## EXERCISE GOAL
The lines to repeat are those below from the one containing "fn emit_texts(emitter: &mut" down to the one containing "yaml_emitter_set_output_string(&mut emitter, 10_000);", both included; reproduce them exactly and nothing else.

Extracted data entries
--------

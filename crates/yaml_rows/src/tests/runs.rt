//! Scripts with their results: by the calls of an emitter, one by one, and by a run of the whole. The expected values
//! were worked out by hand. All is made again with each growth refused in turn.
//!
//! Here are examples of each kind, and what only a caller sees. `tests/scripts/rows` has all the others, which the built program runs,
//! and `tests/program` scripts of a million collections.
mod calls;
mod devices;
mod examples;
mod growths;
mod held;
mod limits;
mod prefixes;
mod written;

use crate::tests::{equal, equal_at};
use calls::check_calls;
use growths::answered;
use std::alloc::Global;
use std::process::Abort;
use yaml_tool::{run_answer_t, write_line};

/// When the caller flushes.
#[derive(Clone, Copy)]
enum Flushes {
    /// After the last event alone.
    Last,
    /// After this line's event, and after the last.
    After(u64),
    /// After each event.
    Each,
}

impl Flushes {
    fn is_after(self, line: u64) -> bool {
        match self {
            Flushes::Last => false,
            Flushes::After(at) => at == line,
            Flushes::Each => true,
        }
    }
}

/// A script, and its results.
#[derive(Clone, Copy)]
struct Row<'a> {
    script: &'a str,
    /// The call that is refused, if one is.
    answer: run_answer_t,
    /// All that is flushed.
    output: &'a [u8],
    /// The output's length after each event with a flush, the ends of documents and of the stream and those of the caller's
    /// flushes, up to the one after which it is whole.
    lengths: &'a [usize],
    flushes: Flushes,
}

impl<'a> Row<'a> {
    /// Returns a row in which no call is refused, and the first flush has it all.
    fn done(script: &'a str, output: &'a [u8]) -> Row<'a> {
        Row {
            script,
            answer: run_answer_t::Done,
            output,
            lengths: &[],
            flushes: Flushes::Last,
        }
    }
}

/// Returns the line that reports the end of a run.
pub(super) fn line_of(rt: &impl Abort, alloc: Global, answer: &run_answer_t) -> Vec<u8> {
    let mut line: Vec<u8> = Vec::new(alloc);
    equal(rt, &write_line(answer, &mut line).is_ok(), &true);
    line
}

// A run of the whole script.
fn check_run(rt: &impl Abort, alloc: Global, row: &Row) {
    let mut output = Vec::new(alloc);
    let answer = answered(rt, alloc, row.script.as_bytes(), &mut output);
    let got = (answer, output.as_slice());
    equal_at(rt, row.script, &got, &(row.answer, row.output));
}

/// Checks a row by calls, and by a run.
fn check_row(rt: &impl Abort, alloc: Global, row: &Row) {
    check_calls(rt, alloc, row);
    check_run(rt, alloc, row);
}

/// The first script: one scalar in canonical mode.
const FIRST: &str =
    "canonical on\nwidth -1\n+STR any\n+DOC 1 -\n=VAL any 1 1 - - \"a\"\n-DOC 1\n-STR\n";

--------

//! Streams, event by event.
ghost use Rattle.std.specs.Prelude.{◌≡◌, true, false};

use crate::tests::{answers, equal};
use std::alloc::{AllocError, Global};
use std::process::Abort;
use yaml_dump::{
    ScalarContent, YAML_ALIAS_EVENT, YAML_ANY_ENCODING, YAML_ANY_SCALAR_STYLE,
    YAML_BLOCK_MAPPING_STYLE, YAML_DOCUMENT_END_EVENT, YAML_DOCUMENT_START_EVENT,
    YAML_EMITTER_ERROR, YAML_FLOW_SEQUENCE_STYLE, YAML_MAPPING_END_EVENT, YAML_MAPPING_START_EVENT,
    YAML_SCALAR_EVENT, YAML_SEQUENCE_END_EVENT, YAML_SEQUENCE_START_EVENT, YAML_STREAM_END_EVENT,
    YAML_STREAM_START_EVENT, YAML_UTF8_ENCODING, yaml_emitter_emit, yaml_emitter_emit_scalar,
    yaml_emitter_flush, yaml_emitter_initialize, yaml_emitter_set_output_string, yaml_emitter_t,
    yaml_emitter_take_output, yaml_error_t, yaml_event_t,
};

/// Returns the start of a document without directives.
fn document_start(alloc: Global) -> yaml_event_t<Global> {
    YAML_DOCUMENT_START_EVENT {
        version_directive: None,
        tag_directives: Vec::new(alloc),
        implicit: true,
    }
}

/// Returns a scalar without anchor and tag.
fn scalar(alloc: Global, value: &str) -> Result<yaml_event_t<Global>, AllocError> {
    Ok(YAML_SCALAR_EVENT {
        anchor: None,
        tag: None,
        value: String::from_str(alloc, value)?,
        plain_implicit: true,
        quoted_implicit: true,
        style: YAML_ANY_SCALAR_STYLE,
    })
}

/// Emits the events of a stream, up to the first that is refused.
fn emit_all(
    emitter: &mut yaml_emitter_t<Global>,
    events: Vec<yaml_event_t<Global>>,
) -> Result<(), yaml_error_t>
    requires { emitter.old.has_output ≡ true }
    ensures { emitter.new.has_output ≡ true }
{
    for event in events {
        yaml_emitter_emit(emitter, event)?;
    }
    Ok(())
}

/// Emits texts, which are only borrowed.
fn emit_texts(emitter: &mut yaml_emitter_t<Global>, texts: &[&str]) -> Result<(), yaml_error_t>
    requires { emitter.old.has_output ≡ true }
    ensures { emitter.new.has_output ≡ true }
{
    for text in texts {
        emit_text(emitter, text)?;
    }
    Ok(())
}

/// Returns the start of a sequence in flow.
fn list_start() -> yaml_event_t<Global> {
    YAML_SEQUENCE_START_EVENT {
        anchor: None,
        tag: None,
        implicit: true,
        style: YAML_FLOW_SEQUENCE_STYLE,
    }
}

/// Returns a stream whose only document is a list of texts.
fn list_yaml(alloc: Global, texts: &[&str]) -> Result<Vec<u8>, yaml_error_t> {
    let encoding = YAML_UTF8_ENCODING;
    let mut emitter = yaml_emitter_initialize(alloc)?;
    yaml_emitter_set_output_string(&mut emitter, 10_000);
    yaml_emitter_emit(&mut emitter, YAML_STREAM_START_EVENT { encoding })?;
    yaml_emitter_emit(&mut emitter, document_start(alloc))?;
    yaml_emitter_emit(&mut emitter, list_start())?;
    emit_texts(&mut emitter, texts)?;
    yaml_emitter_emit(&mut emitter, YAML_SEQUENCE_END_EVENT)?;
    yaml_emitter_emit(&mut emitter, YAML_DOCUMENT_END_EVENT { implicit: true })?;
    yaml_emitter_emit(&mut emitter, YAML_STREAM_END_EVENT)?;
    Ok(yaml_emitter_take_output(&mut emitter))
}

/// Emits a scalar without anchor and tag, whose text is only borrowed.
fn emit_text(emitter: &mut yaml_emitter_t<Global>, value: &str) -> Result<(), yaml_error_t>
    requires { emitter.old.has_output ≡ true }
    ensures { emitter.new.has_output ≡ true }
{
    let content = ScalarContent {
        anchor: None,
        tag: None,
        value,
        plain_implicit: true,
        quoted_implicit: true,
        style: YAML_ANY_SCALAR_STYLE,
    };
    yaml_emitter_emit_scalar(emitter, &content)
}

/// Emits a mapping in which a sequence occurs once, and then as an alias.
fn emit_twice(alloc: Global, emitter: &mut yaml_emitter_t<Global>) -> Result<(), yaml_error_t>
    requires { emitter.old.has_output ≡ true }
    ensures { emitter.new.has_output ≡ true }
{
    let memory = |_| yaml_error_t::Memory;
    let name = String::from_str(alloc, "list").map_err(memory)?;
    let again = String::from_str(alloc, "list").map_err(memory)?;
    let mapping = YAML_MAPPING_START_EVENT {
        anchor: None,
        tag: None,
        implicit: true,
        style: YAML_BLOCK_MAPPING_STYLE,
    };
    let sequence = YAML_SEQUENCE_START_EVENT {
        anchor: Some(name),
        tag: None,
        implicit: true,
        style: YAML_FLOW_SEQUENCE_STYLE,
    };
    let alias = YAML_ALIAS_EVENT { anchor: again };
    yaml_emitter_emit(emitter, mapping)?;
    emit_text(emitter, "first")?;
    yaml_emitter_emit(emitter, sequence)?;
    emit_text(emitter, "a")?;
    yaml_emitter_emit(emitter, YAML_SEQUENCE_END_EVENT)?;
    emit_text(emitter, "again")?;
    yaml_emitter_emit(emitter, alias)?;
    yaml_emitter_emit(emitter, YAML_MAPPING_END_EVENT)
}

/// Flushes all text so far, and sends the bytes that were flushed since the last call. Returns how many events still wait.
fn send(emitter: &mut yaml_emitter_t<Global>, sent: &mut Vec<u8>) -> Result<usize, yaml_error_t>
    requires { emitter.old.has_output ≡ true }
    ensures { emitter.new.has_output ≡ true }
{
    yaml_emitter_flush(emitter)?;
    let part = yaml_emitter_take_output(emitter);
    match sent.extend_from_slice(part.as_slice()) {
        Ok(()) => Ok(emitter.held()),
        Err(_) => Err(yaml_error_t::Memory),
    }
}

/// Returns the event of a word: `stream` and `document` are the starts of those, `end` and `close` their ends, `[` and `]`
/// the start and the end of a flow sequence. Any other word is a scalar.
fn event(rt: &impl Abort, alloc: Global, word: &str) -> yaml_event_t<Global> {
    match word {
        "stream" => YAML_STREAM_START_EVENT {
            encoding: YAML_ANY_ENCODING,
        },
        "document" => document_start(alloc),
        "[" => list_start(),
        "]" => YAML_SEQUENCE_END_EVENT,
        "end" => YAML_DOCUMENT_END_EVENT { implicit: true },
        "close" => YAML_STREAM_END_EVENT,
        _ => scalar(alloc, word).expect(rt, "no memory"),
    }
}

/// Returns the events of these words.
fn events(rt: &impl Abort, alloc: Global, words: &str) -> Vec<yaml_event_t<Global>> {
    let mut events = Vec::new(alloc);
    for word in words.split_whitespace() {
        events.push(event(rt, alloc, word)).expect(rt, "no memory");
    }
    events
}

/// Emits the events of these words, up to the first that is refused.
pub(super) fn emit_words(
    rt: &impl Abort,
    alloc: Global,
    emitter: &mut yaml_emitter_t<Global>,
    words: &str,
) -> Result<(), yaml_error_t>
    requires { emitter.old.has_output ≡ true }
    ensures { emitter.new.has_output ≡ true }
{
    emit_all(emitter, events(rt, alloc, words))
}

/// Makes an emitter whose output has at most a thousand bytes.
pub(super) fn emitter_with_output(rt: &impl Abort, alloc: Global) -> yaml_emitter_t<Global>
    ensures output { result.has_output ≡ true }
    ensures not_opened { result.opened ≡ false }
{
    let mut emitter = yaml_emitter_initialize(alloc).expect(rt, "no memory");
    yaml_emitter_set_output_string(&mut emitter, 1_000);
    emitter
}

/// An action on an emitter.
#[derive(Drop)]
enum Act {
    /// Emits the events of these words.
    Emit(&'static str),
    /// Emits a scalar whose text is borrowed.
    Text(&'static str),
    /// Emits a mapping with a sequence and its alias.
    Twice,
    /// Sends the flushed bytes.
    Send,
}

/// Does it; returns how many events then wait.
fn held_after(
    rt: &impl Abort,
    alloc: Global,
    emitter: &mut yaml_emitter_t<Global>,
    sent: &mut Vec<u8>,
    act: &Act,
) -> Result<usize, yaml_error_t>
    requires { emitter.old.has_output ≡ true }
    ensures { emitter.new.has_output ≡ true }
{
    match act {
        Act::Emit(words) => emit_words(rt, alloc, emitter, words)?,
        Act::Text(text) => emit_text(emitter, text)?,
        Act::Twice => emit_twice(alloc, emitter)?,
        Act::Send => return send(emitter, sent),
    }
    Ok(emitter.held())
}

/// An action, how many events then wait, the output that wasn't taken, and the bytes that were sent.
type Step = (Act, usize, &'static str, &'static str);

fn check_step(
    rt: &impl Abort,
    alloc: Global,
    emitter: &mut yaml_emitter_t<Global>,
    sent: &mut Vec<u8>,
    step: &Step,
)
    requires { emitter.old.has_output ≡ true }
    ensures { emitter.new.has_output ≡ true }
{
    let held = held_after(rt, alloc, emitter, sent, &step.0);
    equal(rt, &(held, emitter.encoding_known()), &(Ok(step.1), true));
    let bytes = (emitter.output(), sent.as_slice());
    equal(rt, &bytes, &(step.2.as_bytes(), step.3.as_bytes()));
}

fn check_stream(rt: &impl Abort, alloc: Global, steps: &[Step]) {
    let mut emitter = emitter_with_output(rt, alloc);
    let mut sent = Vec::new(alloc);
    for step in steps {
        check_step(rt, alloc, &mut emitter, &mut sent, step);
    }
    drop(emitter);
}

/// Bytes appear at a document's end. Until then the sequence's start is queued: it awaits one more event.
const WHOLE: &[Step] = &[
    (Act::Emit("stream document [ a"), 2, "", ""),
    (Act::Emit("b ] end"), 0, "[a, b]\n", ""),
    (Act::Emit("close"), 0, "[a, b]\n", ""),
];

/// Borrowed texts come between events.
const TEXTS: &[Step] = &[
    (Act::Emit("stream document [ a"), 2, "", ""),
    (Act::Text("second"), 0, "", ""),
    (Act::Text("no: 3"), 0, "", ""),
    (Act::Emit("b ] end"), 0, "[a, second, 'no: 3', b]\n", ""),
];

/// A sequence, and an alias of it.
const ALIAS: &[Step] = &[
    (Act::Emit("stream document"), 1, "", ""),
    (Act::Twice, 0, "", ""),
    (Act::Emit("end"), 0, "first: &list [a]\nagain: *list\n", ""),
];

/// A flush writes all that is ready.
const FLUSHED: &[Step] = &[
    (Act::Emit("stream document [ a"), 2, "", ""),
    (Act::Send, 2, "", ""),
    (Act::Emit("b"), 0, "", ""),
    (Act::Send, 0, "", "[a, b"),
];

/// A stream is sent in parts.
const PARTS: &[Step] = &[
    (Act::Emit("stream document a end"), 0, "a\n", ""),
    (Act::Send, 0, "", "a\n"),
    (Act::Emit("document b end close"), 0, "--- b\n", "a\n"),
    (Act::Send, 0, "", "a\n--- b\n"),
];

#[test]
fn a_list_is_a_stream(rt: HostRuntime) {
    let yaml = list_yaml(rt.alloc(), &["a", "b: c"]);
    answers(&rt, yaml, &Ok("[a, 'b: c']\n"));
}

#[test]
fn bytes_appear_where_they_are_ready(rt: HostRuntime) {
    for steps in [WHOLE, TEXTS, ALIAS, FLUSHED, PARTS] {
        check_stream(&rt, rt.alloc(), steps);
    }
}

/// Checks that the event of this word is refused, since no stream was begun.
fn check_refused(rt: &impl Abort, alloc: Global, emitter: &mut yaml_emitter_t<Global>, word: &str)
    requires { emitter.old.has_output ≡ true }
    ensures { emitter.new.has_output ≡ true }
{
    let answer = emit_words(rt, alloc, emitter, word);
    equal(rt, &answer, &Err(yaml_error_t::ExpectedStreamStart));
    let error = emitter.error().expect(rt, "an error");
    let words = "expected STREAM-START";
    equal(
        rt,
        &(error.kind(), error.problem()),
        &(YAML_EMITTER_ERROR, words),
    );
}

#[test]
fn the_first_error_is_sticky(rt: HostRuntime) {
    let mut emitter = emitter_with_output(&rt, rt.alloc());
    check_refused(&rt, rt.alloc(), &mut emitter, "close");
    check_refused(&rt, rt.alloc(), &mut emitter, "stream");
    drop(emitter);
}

--------

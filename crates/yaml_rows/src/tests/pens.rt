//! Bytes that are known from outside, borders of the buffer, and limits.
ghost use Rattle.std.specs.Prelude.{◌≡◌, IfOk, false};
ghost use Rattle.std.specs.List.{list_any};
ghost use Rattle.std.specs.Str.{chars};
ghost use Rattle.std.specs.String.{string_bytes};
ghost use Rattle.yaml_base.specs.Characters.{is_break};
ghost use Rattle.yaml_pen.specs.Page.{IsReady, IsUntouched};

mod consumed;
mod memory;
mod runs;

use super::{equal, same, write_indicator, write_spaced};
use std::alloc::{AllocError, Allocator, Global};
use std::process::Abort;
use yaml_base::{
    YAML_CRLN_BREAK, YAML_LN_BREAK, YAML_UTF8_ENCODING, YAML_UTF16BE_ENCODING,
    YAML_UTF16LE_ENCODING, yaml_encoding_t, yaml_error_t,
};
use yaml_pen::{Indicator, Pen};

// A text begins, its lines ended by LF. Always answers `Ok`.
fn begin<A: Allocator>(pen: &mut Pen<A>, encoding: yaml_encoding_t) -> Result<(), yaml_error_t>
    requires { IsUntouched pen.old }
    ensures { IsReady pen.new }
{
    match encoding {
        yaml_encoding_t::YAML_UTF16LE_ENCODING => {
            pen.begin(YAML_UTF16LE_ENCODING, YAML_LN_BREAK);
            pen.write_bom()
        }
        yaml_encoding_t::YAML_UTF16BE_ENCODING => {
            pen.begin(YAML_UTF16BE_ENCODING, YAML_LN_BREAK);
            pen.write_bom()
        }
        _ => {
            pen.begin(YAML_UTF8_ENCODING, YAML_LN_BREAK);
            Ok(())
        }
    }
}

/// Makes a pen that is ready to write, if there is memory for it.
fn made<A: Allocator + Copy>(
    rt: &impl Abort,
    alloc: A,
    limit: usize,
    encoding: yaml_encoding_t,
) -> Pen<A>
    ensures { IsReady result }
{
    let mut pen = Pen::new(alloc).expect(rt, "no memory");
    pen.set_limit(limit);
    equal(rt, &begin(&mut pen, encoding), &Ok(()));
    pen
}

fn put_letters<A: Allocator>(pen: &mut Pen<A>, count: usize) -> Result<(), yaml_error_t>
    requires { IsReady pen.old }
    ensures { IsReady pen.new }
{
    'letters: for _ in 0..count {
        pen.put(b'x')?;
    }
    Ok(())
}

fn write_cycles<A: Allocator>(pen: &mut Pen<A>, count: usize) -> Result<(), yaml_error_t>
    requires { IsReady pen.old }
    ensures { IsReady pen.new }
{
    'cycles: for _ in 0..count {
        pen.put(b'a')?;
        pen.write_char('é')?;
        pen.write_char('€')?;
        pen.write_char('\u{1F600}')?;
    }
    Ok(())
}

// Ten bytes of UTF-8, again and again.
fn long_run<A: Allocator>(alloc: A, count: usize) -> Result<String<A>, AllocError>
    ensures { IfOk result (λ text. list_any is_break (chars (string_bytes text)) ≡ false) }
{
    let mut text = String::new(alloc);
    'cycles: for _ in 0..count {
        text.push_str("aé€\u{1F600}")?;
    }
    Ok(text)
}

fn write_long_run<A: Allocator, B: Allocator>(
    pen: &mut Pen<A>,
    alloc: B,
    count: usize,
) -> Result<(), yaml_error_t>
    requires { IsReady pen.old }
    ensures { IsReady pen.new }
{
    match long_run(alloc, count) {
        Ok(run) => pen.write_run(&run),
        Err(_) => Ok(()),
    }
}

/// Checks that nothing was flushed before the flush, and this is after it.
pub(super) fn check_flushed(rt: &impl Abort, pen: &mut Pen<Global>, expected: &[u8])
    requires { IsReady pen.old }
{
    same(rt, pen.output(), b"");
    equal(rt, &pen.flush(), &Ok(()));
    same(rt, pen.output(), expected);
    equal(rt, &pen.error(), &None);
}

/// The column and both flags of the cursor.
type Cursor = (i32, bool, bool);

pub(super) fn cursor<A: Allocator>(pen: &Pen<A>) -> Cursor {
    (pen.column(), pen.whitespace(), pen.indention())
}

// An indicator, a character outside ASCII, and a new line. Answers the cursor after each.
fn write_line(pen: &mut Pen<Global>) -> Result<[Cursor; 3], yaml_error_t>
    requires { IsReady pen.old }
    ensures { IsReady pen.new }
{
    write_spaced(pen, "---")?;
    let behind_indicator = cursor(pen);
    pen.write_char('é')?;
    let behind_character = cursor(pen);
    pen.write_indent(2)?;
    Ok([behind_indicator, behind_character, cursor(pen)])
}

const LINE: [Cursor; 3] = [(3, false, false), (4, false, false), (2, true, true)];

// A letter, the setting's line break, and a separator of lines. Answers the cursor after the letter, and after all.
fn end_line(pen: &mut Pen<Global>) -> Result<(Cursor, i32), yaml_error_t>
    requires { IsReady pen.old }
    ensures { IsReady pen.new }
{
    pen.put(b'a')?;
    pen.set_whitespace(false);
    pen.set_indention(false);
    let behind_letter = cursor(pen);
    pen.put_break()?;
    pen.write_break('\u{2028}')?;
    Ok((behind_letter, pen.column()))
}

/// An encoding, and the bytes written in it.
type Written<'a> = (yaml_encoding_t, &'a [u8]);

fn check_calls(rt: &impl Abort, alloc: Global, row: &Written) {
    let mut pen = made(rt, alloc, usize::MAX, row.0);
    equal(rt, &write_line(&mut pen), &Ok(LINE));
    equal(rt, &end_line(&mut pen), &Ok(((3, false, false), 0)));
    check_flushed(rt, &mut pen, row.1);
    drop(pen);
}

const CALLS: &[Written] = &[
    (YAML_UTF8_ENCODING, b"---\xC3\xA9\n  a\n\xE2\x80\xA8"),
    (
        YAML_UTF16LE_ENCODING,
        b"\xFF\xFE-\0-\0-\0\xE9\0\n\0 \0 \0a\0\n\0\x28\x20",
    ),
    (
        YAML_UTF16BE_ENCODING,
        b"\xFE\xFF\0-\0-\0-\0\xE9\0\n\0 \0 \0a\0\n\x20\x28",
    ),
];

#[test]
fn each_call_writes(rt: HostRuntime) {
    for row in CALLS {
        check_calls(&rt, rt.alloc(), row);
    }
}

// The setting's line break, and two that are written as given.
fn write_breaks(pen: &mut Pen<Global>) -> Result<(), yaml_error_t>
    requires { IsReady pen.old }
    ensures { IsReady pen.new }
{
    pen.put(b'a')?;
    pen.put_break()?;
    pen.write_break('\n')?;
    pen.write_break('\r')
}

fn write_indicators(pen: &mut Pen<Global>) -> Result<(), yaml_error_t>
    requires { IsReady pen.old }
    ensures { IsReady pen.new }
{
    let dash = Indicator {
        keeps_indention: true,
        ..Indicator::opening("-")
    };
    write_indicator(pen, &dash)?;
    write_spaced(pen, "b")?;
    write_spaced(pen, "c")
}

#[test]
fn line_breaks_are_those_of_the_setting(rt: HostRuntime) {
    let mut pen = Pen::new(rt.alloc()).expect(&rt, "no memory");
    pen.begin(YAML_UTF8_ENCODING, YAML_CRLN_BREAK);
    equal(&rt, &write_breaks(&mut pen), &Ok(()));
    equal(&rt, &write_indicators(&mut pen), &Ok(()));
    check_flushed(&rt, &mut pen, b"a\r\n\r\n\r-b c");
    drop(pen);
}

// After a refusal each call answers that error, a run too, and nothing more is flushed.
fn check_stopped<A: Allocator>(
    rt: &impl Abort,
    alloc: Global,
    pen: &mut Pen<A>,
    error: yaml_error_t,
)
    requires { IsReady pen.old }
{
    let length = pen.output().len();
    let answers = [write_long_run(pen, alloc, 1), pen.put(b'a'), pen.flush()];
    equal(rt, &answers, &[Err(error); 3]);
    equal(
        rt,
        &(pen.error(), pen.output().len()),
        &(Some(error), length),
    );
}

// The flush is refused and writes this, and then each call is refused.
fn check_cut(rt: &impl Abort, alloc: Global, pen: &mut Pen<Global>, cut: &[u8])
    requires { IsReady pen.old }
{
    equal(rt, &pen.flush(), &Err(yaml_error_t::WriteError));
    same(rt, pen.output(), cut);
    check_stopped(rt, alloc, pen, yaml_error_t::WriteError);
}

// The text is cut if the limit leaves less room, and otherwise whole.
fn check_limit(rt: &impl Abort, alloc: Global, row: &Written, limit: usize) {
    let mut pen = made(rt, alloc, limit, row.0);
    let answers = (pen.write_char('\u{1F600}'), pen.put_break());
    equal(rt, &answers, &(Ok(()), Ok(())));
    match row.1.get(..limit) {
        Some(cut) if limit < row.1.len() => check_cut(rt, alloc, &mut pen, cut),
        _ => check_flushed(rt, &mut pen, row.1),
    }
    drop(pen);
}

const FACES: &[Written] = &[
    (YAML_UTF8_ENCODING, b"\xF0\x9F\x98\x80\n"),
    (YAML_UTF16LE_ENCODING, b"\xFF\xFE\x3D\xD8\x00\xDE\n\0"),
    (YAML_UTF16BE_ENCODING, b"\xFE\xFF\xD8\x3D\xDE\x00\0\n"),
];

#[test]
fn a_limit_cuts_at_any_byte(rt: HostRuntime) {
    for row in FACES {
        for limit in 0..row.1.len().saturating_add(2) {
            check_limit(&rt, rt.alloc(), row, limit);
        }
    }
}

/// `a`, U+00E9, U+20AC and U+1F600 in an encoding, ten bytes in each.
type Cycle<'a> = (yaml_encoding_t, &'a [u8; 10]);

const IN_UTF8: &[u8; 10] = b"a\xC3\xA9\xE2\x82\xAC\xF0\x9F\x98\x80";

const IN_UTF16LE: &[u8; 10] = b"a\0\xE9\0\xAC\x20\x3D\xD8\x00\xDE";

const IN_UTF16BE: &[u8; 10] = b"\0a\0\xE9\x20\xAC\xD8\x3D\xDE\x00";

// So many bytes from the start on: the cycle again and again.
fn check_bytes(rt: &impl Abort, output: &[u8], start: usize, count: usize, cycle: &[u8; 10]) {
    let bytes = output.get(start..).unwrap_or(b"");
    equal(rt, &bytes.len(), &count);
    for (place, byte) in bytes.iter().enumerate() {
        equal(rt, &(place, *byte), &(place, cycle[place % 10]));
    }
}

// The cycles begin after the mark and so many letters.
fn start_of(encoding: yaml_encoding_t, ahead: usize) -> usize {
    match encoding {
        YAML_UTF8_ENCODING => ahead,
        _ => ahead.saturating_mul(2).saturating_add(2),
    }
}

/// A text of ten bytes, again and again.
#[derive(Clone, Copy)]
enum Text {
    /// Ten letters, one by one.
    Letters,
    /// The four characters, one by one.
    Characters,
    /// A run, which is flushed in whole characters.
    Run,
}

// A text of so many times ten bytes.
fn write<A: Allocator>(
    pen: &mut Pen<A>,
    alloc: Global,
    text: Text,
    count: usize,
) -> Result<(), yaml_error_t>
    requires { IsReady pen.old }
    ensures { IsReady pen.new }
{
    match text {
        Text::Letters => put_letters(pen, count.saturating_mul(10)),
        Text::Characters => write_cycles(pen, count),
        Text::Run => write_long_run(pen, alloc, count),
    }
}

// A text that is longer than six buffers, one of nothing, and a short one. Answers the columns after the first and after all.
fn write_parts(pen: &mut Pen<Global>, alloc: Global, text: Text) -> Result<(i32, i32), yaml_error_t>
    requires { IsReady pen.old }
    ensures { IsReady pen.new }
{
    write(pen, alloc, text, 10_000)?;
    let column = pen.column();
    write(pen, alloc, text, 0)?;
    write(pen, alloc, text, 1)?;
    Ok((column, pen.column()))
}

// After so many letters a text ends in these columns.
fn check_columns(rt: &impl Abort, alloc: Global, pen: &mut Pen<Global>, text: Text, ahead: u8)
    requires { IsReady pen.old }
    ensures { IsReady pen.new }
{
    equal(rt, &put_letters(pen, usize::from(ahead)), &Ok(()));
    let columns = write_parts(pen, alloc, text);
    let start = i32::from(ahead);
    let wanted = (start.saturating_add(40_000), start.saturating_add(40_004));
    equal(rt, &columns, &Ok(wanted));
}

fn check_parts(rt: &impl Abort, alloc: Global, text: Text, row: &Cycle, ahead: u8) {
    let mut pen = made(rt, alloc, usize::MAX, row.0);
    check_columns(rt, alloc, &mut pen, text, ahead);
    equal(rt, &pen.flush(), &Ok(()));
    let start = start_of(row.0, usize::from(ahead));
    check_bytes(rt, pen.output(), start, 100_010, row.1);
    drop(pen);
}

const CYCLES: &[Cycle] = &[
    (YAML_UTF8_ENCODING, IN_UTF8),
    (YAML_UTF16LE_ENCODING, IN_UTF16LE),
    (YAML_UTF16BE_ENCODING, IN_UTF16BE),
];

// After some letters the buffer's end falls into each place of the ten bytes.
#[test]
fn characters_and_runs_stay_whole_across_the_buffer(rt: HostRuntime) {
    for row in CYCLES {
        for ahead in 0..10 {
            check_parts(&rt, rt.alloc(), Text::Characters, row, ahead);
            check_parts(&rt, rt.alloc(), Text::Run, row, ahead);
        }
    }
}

--------

## SOLUTION TO THE PROBLEM
fn emit_texts(emitter: &mut yaml_emitter_t<Global>, texts: &[&str]) -> Result<(), yaml_error_t>
    requires { emitter.old.has_output ≡ true }
    ensures { emitter.new.has_output ≡ true }
{
    for text in texts {
        emit_text(emitter, text)?;
    }
    Ok(())
}

/// Returns the start of a sequence in flow.
fn list_start() -> yaml_event_t<Global> {
    YAML_SEQUENCE_START_EVENT {
        anchor: None,
        tag: None,
        implicit: true,
        style: YAML_FLOW_SEQUENCE_STYLE,
    }
}

/// Returns a stream whose only document is a list of texts.
fn list_yaml(alloc: Global, texts: &[&str]) -> Result<Vec<u8>, yaml_error_t> {
    let encoding = YAML_UTF8_ENCODING;
    let mut emitter = yaml_emitter_initialize(alloc)?;
    yaml_emitter_set_output_string(&mut emitter, 10_000);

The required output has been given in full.